[Work item]: From the records below, transcribe exactly the lines that begin at the line with "fn loads_from_the_packet(rt: HostRuntime)" and end at the line with "Register::R10, offset: -7", both included.

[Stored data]
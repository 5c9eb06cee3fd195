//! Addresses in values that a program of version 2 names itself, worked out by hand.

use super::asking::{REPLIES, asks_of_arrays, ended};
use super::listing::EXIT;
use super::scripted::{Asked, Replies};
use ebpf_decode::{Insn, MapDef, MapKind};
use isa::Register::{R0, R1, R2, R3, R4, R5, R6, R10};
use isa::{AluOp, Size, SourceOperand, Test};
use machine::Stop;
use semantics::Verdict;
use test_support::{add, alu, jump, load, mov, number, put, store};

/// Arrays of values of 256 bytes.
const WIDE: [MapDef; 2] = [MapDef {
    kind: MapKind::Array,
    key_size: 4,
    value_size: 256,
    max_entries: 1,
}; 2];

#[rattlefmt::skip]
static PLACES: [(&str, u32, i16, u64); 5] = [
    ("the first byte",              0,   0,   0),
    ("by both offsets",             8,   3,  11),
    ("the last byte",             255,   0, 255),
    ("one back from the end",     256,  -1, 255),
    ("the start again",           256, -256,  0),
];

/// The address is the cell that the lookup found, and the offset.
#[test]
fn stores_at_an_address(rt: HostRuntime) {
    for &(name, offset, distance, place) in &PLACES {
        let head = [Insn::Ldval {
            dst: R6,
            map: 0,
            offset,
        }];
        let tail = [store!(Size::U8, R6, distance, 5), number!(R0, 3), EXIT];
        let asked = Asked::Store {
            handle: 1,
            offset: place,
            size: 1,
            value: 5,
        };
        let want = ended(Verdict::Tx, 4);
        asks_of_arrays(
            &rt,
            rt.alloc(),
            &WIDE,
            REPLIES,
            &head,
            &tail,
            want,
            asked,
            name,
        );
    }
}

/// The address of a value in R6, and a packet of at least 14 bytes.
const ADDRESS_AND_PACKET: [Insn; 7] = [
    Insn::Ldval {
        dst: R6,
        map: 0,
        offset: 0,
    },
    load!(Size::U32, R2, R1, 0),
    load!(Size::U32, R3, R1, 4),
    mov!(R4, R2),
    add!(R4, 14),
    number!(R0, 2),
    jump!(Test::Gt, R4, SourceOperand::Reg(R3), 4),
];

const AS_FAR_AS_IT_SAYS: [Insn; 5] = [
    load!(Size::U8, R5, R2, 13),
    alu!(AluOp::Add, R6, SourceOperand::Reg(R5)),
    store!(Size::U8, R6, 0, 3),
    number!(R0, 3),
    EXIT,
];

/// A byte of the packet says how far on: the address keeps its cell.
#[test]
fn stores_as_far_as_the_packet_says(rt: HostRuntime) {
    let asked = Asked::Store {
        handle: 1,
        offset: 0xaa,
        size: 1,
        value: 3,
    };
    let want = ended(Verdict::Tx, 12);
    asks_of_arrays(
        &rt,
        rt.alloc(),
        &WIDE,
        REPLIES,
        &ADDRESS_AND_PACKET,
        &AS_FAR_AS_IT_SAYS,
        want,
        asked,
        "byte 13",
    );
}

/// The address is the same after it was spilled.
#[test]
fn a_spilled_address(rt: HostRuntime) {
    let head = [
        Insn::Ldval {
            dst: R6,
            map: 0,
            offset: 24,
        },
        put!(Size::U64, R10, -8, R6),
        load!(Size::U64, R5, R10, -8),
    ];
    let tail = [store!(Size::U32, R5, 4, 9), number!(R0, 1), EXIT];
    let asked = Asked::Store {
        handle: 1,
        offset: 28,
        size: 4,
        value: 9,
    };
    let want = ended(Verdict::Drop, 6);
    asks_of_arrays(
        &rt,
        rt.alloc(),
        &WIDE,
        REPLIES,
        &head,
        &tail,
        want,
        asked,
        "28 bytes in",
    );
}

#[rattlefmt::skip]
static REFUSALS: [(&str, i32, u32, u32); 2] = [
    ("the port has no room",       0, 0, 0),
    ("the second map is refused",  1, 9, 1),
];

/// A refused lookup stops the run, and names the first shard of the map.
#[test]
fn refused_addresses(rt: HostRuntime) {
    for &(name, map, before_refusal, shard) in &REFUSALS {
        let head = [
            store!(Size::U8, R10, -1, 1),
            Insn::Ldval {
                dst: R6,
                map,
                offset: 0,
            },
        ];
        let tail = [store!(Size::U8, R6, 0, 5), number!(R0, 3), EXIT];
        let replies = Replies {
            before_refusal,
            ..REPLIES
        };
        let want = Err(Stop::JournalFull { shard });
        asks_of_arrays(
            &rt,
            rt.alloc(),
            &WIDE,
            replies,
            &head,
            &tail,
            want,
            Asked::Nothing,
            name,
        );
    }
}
* * *
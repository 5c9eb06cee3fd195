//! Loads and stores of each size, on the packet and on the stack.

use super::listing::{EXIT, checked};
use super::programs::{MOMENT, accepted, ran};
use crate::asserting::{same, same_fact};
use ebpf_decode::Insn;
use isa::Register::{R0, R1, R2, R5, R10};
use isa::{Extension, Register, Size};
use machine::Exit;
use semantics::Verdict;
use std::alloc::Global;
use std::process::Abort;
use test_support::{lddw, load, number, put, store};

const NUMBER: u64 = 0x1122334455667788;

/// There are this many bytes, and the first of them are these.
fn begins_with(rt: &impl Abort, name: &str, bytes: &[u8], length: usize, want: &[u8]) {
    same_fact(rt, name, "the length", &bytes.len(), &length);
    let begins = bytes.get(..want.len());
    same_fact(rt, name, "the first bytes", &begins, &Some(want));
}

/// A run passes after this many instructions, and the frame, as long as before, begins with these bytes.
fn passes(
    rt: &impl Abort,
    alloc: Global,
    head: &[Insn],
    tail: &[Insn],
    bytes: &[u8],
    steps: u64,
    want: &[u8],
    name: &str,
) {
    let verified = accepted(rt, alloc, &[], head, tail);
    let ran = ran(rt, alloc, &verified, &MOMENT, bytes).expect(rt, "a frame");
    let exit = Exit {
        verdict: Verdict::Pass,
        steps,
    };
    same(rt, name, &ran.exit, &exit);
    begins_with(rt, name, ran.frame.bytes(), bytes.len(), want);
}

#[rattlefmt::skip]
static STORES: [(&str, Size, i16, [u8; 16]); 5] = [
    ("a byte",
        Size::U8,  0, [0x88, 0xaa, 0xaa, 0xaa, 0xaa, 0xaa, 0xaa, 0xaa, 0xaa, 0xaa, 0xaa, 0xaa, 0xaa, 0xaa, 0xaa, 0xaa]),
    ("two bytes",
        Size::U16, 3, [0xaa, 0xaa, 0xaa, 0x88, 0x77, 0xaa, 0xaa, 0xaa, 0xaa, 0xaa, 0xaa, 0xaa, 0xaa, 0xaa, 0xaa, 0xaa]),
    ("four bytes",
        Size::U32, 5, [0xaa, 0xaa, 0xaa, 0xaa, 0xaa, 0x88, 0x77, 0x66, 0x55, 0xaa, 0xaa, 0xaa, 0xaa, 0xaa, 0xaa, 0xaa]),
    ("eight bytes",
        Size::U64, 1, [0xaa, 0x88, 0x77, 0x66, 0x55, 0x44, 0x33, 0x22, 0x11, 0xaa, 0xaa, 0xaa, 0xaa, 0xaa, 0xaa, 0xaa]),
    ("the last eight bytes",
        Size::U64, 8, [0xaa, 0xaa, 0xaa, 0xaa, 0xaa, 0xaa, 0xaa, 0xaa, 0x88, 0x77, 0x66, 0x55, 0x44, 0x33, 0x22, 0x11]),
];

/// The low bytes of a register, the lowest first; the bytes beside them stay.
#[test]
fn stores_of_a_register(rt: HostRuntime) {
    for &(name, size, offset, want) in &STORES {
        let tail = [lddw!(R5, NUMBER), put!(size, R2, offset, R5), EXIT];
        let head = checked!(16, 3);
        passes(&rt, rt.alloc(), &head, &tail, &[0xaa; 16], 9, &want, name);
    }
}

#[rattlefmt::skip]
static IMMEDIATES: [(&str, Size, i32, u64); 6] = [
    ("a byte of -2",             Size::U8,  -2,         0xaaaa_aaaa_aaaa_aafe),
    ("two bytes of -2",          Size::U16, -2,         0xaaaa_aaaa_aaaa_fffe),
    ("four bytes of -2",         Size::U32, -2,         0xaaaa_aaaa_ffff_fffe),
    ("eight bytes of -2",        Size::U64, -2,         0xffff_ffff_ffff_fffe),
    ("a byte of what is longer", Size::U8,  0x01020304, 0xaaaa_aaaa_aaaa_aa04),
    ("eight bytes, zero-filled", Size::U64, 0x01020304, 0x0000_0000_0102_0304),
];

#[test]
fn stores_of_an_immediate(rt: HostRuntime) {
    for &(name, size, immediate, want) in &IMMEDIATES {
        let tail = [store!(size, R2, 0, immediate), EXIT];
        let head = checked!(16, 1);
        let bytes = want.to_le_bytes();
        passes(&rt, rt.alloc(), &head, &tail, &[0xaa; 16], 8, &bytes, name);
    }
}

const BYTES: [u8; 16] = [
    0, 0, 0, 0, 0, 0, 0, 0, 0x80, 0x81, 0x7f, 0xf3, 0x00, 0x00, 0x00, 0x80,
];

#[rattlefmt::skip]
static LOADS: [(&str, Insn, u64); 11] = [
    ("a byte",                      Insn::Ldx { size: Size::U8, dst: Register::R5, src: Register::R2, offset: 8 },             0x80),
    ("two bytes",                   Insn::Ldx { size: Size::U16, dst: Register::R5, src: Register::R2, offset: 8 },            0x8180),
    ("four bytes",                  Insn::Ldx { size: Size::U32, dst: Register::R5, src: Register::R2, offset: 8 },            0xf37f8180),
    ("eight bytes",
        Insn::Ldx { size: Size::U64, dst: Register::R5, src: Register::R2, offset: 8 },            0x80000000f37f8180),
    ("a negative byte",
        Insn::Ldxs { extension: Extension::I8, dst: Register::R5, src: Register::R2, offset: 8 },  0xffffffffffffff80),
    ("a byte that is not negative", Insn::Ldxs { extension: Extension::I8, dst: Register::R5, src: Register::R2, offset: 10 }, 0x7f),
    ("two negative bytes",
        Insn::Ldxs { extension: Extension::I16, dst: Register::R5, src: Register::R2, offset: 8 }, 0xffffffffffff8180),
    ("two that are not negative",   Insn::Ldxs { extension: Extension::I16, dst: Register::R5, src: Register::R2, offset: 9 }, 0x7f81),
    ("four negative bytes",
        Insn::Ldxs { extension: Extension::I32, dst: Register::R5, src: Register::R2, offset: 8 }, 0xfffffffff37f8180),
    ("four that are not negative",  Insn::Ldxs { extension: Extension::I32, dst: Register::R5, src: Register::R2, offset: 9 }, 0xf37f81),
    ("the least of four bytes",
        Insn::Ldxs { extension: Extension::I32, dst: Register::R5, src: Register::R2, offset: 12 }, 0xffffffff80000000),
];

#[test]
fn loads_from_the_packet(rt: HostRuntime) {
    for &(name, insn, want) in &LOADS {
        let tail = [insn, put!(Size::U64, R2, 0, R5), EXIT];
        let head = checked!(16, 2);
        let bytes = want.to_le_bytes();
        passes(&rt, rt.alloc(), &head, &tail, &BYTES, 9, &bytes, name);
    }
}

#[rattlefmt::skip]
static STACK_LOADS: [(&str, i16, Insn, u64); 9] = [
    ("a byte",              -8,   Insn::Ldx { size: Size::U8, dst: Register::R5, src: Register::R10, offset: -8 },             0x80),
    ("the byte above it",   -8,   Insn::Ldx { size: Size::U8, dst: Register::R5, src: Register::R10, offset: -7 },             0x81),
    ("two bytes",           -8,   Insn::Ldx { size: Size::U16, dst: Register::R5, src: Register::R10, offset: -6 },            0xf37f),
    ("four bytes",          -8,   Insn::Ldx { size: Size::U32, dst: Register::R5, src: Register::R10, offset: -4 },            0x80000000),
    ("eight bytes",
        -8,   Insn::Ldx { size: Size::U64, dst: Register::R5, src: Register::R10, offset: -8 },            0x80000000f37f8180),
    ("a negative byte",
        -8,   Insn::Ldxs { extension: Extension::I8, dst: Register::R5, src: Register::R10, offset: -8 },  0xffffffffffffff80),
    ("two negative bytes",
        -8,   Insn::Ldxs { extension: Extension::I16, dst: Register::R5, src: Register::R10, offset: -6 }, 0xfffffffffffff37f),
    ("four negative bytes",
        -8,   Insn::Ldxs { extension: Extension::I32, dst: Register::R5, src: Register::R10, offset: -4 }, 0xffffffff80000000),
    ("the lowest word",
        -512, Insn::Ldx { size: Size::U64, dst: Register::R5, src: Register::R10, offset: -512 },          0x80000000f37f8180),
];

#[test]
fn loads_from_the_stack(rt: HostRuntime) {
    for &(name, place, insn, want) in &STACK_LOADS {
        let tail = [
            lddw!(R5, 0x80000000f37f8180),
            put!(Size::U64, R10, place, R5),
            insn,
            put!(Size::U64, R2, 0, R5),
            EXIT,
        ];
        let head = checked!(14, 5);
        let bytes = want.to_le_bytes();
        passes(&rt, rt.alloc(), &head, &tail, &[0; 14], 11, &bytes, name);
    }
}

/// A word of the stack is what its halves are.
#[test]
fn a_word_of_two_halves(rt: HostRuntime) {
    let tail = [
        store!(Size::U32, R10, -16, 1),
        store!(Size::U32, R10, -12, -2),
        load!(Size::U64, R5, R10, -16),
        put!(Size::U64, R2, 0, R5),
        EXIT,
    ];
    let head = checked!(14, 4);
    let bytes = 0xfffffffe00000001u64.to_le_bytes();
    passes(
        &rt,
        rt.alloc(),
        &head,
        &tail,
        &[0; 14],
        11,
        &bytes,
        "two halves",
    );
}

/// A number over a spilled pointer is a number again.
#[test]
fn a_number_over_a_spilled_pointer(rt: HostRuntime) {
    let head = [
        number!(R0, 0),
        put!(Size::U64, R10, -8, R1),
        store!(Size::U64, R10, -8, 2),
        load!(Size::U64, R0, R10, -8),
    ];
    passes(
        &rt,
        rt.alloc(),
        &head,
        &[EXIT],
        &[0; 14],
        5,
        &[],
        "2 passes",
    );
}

[Task answer]:
fn loads_from_the_packet(rt: HostRuntime) {
    for &(name, insn, want) in &LOADS {
        let tail = [insn, put!(Size::U64, R2, 0, R5), EXIT];
        let head = checked!(16, 2);
        let bytes = want.to_le_bytes();
        passes(&rt, rt.alloc(), &head, &tail, &BYTES, 9, &bytes, name);
    }
}

#[rattlefmt::skip]
static STACK_LOADS: [(&str, i16, Insn, u64); 9] = [
    ("a byte",              -8,   Insn::Ldx { size: Size::U8, dst: Register::R5, src: Register::R10, offset: -8 },             0x80),
    ("the byte above it",   -8,   Insn::Ldx { size: Size::U8, dst: Register::R5, src: Register::R10, offset: -7 },             0x81),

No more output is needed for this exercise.